GOAL OF THE EXERCISE
Show every line below where "false" can be found.

┌──

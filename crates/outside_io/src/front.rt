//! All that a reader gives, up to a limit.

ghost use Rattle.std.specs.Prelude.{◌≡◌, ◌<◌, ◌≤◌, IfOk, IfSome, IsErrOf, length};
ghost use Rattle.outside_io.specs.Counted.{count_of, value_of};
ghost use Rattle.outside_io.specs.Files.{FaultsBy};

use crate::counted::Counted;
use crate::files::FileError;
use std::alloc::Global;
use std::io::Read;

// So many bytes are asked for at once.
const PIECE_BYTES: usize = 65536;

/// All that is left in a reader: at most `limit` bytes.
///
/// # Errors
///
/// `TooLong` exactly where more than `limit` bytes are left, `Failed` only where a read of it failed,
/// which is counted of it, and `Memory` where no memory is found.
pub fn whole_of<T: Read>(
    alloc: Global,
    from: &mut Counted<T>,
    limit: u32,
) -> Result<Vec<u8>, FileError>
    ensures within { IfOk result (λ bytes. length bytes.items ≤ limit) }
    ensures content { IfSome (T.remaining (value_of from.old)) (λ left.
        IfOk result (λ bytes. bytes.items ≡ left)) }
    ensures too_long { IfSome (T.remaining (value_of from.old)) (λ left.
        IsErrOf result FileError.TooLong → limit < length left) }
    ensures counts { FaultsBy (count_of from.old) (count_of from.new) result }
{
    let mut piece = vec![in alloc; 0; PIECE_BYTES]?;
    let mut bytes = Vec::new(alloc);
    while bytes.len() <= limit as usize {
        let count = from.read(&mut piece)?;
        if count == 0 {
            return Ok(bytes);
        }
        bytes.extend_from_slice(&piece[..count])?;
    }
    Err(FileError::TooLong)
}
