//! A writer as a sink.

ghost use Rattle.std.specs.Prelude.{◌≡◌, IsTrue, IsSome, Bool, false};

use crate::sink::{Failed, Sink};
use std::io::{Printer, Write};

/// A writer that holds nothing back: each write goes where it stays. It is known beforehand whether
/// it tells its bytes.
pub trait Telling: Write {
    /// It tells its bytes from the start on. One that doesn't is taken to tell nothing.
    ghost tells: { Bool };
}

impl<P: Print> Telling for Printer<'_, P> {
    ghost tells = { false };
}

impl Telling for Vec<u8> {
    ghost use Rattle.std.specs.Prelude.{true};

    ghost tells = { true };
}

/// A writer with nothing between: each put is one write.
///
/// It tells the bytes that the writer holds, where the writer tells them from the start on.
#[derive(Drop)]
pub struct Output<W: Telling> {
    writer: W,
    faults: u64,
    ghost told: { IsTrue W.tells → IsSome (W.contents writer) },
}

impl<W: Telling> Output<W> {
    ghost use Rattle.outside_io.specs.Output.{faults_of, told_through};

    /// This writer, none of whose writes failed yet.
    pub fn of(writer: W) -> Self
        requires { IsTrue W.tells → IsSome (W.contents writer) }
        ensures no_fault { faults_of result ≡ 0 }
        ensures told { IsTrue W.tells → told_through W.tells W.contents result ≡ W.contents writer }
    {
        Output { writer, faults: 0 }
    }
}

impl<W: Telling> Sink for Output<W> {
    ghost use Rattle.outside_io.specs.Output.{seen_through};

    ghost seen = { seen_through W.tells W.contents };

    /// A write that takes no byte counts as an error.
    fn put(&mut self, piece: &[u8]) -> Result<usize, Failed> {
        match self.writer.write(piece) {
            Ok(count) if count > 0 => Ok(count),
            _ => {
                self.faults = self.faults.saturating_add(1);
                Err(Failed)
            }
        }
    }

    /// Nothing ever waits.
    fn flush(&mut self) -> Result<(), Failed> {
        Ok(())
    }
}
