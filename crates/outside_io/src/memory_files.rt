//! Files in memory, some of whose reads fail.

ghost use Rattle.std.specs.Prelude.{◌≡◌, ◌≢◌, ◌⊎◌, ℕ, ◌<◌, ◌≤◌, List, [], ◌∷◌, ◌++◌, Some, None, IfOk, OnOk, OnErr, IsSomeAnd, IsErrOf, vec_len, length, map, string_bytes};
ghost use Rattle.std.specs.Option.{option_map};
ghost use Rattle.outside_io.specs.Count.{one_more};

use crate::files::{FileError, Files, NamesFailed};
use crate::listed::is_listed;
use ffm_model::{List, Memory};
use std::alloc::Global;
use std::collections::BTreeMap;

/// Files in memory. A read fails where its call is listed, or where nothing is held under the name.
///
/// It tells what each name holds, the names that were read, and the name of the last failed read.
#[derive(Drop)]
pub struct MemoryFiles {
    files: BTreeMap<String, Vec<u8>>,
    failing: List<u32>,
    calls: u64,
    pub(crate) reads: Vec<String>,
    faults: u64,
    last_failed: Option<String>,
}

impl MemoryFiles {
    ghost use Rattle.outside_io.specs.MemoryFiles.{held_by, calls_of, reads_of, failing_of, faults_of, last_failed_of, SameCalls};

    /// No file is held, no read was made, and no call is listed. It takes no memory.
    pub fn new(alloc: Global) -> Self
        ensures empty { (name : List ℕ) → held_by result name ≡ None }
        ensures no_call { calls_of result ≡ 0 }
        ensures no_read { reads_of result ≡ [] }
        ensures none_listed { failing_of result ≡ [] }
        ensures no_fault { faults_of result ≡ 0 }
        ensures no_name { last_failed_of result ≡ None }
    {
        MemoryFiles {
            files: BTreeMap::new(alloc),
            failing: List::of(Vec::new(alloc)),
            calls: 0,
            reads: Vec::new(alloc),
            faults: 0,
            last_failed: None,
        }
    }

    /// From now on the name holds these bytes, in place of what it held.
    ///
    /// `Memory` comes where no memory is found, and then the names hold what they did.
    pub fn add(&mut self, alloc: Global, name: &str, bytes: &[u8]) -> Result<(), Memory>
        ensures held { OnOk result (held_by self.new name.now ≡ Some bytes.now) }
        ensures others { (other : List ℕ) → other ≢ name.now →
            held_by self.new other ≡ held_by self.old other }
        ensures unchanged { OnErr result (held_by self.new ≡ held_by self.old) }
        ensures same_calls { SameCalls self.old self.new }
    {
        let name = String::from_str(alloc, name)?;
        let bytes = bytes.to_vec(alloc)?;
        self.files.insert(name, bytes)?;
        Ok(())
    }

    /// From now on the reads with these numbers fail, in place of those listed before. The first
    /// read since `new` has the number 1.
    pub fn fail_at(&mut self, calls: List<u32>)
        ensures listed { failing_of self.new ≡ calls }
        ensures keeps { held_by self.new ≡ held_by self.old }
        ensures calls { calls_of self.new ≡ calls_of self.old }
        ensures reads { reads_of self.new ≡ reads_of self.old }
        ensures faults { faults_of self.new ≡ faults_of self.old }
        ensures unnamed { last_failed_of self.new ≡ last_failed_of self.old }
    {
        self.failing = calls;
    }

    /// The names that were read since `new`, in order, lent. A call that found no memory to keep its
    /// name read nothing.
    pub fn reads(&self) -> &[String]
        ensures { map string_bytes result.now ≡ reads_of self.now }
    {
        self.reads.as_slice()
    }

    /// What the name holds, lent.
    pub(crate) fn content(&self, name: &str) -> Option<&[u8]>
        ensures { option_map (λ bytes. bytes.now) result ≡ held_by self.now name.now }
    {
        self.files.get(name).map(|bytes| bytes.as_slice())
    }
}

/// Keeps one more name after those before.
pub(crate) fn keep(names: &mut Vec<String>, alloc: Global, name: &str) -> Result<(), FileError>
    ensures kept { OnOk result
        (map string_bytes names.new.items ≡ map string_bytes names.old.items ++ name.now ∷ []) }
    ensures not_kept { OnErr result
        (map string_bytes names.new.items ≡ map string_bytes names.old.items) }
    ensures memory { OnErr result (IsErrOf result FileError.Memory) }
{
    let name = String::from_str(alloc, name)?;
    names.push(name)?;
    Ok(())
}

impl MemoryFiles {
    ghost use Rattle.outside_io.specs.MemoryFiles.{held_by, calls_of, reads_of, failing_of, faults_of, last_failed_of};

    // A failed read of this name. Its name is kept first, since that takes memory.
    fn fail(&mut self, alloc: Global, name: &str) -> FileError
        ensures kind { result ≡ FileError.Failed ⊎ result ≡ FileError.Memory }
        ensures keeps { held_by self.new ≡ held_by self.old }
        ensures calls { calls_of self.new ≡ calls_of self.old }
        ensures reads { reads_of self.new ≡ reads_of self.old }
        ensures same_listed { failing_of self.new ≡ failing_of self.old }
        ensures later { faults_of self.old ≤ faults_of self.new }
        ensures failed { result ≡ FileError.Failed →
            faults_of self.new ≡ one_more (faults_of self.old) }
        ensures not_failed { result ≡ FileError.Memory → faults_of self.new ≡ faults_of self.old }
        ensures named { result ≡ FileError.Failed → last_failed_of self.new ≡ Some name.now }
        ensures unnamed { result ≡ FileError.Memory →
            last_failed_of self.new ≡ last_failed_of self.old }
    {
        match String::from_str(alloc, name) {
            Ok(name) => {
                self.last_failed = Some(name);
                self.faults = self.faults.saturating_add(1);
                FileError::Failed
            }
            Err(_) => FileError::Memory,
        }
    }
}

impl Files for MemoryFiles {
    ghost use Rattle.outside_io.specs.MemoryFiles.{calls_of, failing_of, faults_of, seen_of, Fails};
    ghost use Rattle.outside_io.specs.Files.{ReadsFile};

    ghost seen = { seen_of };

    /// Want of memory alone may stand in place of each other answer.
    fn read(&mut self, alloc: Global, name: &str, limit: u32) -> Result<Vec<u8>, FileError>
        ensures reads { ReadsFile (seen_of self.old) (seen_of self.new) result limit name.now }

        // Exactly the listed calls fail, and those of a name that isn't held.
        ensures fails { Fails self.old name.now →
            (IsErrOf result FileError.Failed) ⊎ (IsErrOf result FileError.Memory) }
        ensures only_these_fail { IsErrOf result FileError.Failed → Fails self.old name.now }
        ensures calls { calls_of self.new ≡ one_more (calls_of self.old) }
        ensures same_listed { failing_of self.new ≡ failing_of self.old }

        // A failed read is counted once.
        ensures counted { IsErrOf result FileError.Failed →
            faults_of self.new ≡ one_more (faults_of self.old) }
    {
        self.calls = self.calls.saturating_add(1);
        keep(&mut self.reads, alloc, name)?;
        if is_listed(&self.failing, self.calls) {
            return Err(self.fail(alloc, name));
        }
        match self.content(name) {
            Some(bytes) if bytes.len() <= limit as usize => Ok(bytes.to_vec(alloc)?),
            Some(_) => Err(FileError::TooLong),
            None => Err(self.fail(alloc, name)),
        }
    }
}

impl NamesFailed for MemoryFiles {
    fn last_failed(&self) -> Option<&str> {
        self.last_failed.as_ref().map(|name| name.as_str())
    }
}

└──

REPLY
ghost use Rattle.std.specs.Prelude.{◌≡◌, IsTrue, IsSome, Bool, false};
    ghost tells = { false };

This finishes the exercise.